■ THE PROBLEM
Across the entries below, how many lines have the word "these" in them? Respond with only the number.

Collected data entries:

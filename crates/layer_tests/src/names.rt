// `name_server`: names that are drawn, looked up and unnamed.
use name_server::Names;
use std::alloc::{AllocError, Global};
use xm_num::{Enclave, Segid};

#[derive(Drop)]
enum Step {
    // No names.
    New,
    // The calls of `Names`, each with what it answers. Numbers stand for segids and enclaves.
    Name(u16, i64),
    Unname(i64, u16, bool),
    Owner(i64, Option<u16>),
    Lowest(u16, Option<i64>),
    Next(i64, Option<(i64, u16)>),
    Drawn(u64),
}

fn answers(alloc: Global, names: &mut Names, step: &Step) -> bool {
    match step {
        Step::New => renewed(alloc, names).is_ok(),
        Step::Name(owner, want) => named(names, Enclave(*owner)) == Ok(Segid(*want)),
        Step::Unname(segid, owner, want) => names.unname(Segid(*segid), Enclave(*owner)) == *want,
        Step::Owner(segid, want) => names.owner_of(Segid(*segid)) == want.map(Enclave),
        Step::Lowest(owner, want) => names.lowest_of(Enclave(*owner)) == want.map(Segid),
        Step::Next(from, want) => {
            names.next_name(Segid(*from))
                == want.map(|(segid, owner)| (Segid(segid), Enclave(owner)))
        }
        Step::Drawn(want) => names.drawn() == *want,
    }
}

fn renewed(alloc: Global, names: &mut Names) -> Result<(), AllocError> {
    *names = Names::new(alloc)?;
    Ok(())
}

// Draws a name, where one is left.
fn named(names: &mut Names, owner: Enclave) -> Result<Segid, AllocError> {
    if names.drawn() < 1 << 32 {
        names.name(owner)
    } else {
        Ok(Segid(0))
    }
}

// Segids are drawn upwards, and again by nobody.
fn drawn() -> [Step; 17] {
    [
        Step::New,
        Step::Drawn(0),
        Step::Owner(1, None),
        Step::Lowest(0, None),
        Step::Next(0, None),
        Step::Name(5, 1),
        Step::Name(0, 2),
        Step::Name(5, 3),
        Step::Drawn(3),
        Step::Unname(3, 5, true),
        Step::Drawn(3),
        Step::Name(65535, 4),
        Step::Owner(1, Some(5)),
        Step::Owner(2, Some(0)),
        Step::Owner(3, None),
        Step::Owner(4, Some(65535)),
        Step::Owner(5, None),
    ]
}

// A name is taken away for its owner alone, and once.
fn unnamed() -> [Step; 16] {
    [
        Step::New,
        Step::Unname(1, 2, false),
        Step::Name(2, 1),
        Step::Name(3, 2),
        Step::Unname(1, 3, false),
        Step::Unname(3, 3, false),
        Step::Unname(0, 2, false),
        Step::Unname(-1, 2, false),
        Step::Unname(i64::MAX, 2, false),
        Step::Owner(1, Some(2)),
        Step::Unname(1, 2, true),
        Step::Unname(1, 2, false),
        Step::Owner(1, None),
        Step::Owner(2, Some(3)),
        Step::Owner(-2, None),
        Step::Owner(i64::MIN, None),
    ]
}

// The least segid of an owner, and of all from one on.
fn least() -> [Step; 27] {
    [
        Step::New,
        Step::Name(7, 1),
        Step::Name(6, 2),
        Step::Name(7, 3),
        Step::Name(8, 4),
        Step::Name(6, 5),
        Step::Lowest(5, None),
        Step::Lowest(6, Some(2)),
        Step::Lowest(7, Some(1)),
        Step::Lowest(8, Some(4)),
        Step::Lowest(9, None),
        Step::Unname(1, 7, true),
        Step::Lowest(7, Some(3)),
        Step::Unname(2, 6, true),
        Step::Lowest(6, Some(5)),
        Step::Unname(4, 8, true),
        Step::Lowest(8, None),
        Step::Lowest(7, Some(3)),
        Step::Next(-5, Some((3, 7))),
        Step::Next(0, Some((3, 7))),
        Step::Next(3, Some((3, 7))),
        Step::Next(4, Some((5, 6))),
        Step::Next(5, Some((5, 6))),
        Step::Next(6, None),
        Step::Next(i64::MAX, None),
        Step::Name(7, 6),
        Step::Next(6, Some((6, 7))),
    ]
}

#[test]
fn names_of_segments(rt: HostRuntime) -> Result<(), AllocError> {
    let mut names = Names::new(rt.alloc())?;
    let (drawn, unnamed, least) = (drawn(), unnamed(), least());
    let tables: [(&str, &[Step]); 3] = [
        ("drawn", &drawn),
        ("unnamed", &unnamed),
        ("least", &least),
    ];
    for (name, steps) in tables {
        for (row, step) in steps.iter().enumerate() {
            assert!(rt; answers(rt.alloc(), &mut names, step), "{name}, row {row}");
        }
    }
    Ok(())
}
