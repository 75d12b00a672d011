// `guest_map`: what a guest's frames name, and what is admitted and dropped.
use guest_map::GuestMap;
use std::alloc::{AllocError, Global};
use xm_num::{Block, CallNo, Enclave, Frame};

#[derive(Drop)]
enum Step {
    // A guest of these blocks.
    Boot(&'static [Block]),
    // Admits frames of an owner's for a call, and gives the first guest frame.
    Admit(u16, u32, &'static [Frame], u32),
    // Admits so many times for the call, each time these frames, and drops them again.
    Turns(u32, u32, &'static [Frame]),
    // The other calls of `GuestMap`, by the numbers of owners, calls and frames, each with what it answers.
    Has(u32, bool),
    Drop(u32, bool),
    DropOwner(u16),
    Lowest(Option<u32>),
    LowestOf(u16, Option<u32>),
    To(u32, Option<u32>),
    Room(u32),
}

fn answers(alloc: Global, map: &mut GuestMap, step: &Step) -> bool {
    match step {
        Step::Boot(blocks) => boots(alloc, map, blocks),
        Step::Admit(owner, call, frames, want) => {
            admits(map, Enclave(*owner), CallNo(*call), frames, *want)
        }
        Step::Turns(turns, call, frames) => turns_round(map, *turns, CallNo(*call), frames),
        Step::Has(call, want) => map.has(CallNo(*call)) == *want,
        Step::Drop(call, want) => map.drop_key(CallNo(*call)) == *want,
        Step::DropOwner(owner) => {
            map.drop_owner(Enclave(*owner));
            true
        }
        Step::Lowest(want) => map.lowest() == want.map(CallNo),
        Step::LowestOf(owner, want) => map.lowest_of(Enclave(*owner)) == want.map(CallNo),
        Step::To(guest, want) => map.to_machine(Frame(*guest)) == want.map(Frame),
        Step::Room(want) => map.room() == *want,
    }
}

fn boots(alloc: Global, map: &mut GuestMap, blocks: &[Block]) -> bool {
    if blocks.len() > 4096 {
        return false;
    }
    match GuestMap::boot(alloc, blocks) {
        Ok(new) => {
            *map = new;
            true
        }
        Err(_) => false,
    }
}

// Whether the frames may be admitted for the call, and get the guest frames from the first one on.
fn admits(map: &mut GuestMap, owner: Enclave, call: CallNo, frames: &[Frame], want: u32) -> bool {
    if map.has(call) || frames.len() > map.room() as usize {
        return false;
    }
    map.admit(owner, call, frames) == Ok(Frame(want))
}

fn turns_round(map: &mut GuestMap, turns: u32, call: CallNo, frames: &[Frame]) -> bool {
    for _ in 0..turns {
        let next = u32::MAX - map.room();
        if !admits(map, Enclave(1), call, frames, next) || !map.drop_key(call) {
            return false;
        }
    }
    true
}

// Own memory goes block by block, and what is behind it is nobody's.
fn own() -> [Step; 16] {
    [
        Step::Boot(&[]),
        Step::To(0, None),
        Step::Room(u32::MAX),
        Step::Boot(&[Block(3), Block(7), Block(65535)]),
        Step::Room(u32::MAX - 192),
        Step::To(0, Some(192)),
        Step::To(1, Some(193)),
        Step::To(63, Some(255)),
        Step::To(64, Some(448)),
        Step::To(127, Some(511)),
        Step::To(128, Some(4_194_240)),
        Step::To(191, Some(4_194_303)),
        Step::To(192, None),
        Step::To(448, None),
        Step::To(u32::MAX, None),
        Step::Lowest(None),
    ]
}

const THREE: &[Frame] = &[Frame(9), Frame(200), Frame(10)];

const TWO: &[Frame] = &[Frame(9), Frame(4_194_303)];

const ONE: &[Frame] = &[Frame(0)];

// Fresh guest frames are drawn upwards, and name what was admitted, in order.
fn admitted() -> [Step; 24] {
    [
        Step::Boot(&[Block(2)]),
        Step::Admit(5, 7, THREE, 64),
        Step::Admit(6, 3, TWO, 67),
        Step::Admit(5, 9, ONE, 69),
        Step::Room(u32::MAX - 70),
        Step::Has(7, true),
        Step::Has(8, false),
        Step::To(63, Some(191)),
        Step::To(64, Some(9)),
        Step::To(65, Some(200)),
        Step::To(66, Some(10)),
        Step::To(67, Some(9)),
        Step::To(68, Some(4_194_303)),
        Step::To(69, Some(0)),
        Step::To(70, None),
        Step::To(200, None),
        // An entry of no frames names none.
        Step::Admit(8, 1, &[], 70),
        Step::Admit(8, 2, ONE, 70),
        Step::To(70, Some(0)),
        Step::To(71, None),
        Step::Drop(1, true),
        Step::To(70, Some(0)),
        Step::Drop(2, true),
        Step::To(70, None),
    ]
}

// What is dropped names nothing any more, and its guest frames aren't drawn again.
fn dropped() -> [Step; 22] {
    [
        Step::Boot(&[Block(0)]),
        Step::Admit(5, 7, THREE, 64),
        Step::Admit(6, 3, TWO, 67),
        Step::Admit(5, 9, THREE, 69),
        Step::Drop(8, false),
        Step::Drop(3, true),
        Step::Drop(3, false),
        Step::Has(3, false),
        Step::To(66, Some(10)),
        Step::To(67, None),
        Step::To(68, None),
        Step::To(69, Some(9)),
        Step::Drop(9, true),
        Step::To(69, None),
        Step::To(71, None),
        Step::Admit(6, 3, TWO, 72),
        Step::To(71, None),
        Step::To(72, Some(9)),
        Step::To(73, Some(4_194_303)),
        Step::Turns(1000, 9, THREE),
        Step::Room(u32::MAX - 3074),
        Step::To(74, None),
    ]
}

// The least calls, of all and of each owner, and an owner of which all is dropped.
fn owners() -> [Step; 28] {
    [
        Step::Boot(&[Block(1), Block(0)]),
        Step::LowestOf(0, None),
        Step::DropOwner(0),
        Step::Admit(5, 40, ONE, 128),
        Step::Admit(65535, 4_294_967_295, ONE, 129),
        Step::Admit(0, 30, TWO, 130),
        Step::Admit(5, 20, TWO, 132),
        Step::Admit(5, 50, &[], 134),
        Step::Lowest(Some(20)),
        Step::LowestOf(5, Some(20)),
        Step::LowestOf(0, Some(30)),
        Step::LowestOf(65535, Some(4_294_967_295)),
        Step::LowestOf(6, None),
        Step::DropOwner(6),
        Step::Drop(20, true),
        Step::Lowest(Some(30)),
        Step::LowestOf(5, Some(40)),
        Step::DropOwner(5),
        Step::LowestOf(5, None),
        Step::Has(40, false),
        Step::Has(50, false),
        Step::To(128, None),
        Step::To(129, Some(0)),
        Step::To(131, Some(4_194_303)),
        Step::Lowest(Some(30)),
        Step::DropOwner(0),
        Step::Lowest(Some(4_294_967_295)),
        Step::To(130, None),
    ]
}

#[test]
fn names_of_guests(rt: HostRuntime) -> Result<(), AllocError> {
    let mut map = GuestMap::boot(rt.alloc(), &[])?;
    let (own, admitted, dropped, owners) = (own(), admitted(), dropped(), owners());
    let tables: [(&str, &[Step]); 4] = [
        ("own", &own),
        ("admitted", &admitted),
        ("dropped", &dropped),
        ("owners", &owners),
    ];
    for (name, steps) in tables {
        for (row, step) in steps.iter().enumerate() {
            assert!(rt; answers(rt.alloc(), &mut map, step), "{name}, row {row}");
        }
    }
    Ok(())
}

■ ANSWER AREA
2